Record extracts:
[Start of Attachment]
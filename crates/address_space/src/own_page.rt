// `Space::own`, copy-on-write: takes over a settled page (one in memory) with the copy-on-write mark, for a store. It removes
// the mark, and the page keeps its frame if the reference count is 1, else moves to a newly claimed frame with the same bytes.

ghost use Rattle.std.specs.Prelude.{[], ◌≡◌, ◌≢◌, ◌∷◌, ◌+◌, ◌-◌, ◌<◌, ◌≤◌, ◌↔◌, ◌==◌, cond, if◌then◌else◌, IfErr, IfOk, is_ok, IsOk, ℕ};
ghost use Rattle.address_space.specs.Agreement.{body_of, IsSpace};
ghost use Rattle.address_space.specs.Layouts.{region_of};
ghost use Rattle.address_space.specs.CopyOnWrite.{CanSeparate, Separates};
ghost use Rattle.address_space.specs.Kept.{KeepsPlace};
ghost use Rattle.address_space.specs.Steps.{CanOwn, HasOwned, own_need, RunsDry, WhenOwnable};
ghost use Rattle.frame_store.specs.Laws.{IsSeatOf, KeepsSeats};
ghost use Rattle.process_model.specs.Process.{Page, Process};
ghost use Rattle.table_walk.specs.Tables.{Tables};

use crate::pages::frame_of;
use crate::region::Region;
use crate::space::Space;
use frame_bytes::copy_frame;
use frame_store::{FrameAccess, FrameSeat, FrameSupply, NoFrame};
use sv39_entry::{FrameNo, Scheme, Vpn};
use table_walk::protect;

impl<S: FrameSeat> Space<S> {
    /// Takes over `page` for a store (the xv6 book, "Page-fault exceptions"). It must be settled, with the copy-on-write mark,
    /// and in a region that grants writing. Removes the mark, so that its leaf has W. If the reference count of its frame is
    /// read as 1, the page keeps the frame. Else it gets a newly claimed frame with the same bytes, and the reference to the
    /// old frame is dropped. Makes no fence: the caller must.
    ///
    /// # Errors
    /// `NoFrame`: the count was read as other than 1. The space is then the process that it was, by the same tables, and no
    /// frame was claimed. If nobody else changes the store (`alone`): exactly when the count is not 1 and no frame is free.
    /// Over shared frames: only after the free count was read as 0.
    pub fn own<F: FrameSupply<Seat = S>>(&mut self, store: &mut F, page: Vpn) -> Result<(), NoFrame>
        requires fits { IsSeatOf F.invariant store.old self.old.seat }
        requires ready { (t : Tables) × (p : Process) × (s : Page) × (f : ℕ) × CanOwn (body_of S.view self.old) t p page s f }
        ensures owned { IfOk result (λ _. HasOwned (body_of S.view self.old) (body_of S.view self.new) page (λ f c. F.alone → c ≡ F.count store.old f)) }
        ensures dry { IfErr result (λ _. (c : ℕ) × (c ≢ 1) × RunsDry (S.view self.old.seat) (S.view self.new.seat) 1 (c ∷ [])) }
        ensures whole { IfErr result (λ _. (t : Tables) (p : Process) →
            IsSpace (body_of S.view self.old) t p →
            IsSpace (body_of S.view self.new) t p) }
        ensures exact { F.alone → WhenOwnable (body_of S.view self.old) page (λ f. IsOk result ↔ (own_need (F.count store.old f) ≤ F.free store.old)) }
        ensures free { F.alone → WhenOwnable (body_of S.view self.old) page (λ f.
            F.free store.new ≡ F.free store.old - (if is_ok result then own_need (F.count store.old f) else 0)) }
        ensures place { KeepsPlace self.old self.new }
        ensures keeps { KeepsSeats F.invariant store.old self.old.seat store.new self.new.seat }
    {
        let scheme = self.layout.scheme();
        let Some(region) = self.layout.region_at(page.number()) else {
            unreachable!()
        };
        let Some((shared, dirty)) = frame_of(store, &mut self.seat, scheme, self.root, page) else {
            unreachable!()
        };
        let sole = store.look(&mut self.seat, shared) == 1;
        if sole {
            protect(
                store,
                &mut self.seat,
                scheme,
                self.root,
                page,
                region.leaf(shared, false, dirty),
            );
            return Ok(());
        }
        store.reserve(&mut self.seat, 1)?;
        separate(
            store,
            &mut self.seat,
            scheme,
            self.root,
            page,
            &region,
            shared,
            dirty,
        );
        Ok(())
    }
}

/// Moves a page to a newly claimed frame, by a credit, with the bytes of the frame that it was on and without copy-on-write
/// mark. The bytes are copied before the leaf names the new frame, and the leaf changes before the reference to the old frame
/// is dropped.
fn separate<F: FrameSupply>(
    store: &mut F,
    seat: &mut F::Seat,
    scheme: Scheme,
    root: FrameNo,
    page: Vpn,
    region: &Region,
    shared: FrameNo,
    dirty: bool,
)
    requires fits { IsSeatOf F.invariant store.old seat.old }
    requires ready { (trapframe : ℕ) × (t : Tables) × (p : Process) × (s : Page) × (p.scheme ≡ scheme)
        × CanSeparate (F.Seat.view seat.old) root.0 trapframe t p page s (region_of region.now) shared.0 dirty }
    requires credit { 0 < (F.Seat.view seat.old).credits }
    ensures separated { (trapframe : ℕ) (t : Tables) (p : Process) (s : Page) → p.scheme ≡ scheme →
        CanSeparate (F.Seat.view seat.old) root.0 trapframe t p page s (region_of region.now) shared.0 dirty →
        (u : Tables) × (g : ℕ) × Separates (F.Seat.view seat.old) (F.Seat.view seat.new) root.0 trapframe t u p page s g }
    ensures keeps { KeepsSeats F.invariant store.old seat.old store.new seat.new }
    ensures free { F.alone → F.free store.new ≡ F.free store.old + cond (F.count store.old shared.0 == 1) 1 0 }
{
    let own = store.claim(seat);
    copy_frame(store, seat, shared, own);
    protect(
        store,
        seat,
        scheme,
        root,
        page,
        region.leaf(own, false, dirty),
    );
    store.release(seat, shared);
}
[End of Attachment]
Exercise: Would you please return all lines of the data that include the word "sole"?

Expected answer:
        let sole = store.look(&mut self.seat, shared) == 1;
        if sole {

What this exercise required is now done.